PROBLEM TO SOLVE:
Search the records below for the word "stops", then return every line where it appears.

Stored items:
..........
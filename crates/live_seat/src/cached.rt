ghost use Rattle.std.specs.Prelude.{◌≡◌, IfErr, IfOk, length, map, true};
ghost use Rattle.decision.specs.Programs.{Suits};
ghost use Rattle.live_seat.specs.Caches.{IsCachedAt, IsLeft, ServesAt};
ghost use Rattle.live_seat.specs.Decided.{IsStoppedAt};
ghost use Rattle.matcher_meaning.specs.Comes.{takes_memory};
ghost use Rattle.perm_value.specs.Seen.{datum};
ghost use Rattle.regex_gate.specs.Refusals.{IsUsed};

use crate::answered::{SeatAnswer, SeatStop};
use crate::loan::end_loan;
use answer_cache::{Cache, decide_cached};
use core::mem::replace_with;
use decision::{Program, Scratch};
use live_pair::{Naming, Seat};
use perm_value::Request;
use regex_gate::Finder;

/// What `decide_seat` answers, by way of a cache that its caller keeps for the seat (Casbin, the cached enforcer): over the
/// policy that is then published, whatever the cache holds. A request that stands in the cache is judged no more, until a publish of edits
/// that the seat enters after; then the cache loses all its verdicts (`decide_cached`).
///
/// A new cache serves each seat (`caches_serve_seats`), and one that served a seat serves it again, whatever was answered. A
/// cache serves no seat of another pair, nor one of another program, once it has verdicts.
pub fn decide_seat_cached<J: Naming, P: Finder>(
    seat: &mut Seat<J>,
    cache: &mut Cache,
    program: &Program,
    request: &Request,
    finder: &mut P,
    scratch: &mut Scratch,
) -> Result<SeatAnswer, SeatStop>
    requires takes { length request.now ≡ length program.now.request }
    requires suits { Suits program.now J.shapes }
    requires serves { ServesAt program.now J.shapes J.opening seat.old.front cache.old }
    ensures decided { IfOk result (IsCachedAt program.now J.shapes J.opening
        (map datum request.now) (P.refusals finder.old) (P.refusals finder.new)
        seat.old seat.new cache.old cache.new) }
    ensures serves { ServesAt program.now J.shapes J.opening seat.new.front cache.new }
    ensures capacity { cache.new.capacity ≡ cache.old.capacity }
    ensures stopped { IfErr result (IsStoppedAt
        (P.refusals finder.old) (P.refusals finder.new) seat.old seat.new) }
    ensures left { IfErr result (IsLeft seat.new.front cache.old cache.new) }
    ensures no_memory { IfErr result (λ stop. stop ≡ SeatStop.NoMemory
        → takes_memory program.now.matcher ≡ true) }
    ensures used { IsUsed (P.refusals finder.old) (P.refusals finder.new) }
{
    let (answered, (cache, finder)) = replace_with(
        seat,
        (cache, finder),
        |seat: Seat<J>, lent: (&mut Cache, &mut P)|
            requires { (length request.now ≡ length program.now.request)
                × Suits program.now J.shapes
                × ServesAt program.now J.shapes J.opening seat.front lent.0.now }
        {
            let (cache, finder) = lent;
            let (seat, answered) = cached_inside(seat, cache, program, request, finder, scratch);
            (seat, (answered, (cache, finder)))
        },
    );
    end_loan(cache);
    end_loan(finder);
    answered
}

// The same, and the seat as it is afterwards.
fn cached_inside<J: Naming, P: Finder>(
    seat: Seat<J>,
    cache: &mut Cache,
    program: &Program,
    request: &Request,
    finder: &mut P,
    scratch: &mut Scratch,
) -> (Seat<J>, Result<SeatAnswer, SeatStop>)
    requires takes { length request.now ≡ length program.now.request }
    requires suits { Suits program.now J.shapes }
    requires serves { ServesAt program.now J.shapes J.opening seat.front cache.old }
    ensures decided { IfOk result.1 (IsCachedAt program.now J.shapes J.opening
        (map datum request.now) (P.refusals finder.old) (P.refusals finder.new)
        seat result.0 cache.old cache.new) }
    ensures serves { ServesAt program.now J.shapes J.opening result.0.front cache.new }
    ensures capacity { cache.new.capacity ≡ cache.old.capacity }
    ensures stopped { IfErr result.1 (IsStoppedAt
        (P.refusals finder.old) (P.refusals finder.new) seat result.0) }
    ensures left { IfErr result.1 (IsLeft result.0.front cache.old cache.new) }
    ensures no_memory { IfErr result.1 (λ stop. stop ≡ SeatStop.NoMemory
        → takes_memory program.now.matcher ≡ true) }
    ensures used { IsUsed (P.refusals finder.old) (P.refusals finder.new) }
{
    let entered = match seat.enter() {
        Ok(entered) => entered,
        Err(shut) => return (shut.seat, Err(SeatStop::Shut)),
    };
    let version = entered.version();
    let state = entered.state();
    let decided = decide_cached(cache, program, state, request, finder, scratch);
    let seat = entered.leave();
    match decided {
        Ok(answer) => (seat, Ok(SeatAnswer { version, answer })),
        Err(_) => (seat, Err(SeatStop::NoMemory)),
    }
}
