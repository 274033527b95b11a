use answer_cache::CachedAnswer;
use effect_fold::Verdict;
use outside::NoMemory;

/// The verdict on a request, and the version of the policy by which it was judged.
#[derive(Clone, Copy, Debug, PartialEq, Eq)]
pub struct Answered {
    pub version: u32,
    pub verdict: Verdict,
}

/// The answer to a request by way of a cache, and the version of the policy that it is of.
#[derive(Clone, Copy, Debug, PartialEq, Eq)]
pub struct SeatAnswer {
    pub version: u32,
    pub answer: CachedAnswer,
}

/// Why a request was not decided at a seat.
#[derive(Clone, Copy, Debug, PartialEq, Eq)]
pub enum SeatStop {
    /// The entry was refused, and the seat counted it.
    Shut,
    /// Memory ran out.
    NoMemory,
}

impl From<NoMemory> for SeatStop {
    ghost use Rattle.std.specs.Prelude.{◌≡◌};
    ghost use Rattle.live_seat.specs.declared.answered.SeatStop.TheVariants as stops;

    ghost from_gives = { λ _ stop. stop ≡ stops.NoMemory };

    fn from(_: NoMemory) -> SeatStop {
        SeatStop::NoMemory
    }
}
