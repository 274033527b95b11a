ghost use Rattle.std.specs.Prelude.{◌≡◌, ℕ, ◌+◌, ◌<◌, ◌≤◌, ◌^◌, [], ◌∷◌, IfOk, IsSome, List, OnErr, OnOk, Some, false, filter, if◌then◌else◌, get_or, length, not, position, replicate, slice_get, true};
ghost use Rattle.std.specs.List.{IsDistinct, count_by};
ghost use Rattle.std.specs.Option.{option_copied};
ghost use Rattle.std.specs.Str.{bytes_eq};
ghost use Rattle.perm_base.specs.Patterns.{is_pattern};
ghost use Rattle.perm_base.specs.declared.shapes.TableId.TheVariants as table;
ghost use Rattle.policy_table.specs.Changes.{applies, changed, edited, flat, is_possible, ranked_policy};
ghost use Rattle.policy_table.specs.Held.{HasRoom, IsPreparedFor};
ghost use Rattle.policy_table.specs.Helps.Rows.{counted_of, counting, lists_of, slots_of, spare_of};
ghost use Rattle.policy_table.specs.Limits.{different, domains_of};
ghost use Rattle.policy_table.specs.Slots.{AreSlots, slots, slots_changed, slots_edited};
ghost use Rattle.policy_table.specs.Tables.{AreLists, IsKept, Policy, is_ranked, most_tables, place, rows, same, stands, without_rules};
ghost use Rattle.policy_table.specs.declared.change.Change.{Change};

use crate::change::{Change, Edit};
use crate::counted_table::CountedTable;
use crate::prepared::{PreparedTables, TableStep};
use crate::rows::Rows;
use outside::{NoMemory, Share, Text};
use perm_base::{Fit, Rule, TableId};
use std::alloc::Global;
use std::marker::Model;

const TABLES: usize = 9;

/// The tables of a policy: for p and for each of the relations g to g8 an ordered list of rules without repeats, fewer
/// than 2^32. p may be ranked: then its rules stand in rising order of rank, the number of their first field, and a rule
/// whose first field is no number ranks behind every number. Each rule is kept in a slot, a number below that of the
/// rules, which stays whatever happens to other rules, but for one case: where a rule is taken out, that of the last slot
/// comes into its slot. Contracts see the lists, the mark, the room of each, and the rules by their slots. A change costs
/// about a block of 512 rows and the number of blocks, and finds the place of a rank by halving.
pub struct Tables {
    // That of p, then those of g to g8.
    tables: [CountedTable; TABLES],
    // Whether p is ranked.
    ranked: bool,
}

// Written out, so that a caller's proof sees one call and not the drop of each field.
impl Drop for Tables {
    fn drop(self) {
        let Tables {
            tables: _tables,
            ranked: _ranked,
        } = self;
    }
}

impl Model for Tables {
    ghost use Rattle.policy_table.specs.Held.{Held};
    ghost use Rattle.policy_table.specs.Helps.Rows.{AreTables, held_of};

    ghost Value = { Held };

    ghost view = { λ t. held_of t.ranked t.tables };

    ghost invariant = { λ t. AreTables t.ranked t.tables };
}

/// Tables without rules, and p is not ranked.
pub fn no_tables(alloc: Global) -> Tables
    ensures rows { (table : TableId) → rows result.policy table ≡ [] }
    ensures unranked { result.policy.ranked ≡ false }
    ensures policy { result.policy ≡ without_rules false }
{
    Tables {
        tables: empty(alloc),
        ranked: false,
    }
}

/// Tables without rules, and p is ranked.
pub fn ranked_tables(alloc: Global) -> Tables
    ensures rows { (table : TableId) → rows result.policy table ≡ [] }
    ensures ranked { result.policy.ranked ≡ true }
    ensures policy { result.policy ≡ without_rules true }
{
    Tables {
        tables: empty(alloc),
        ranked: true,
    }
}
..........
ANSWER BELOW:
    ghost use Rattle.live_seat.specs.declared.answered.SeatStop.TheVariants as stops;
    ghost from_gives = { λ _ stop. stop ≡ stops.NoMemory };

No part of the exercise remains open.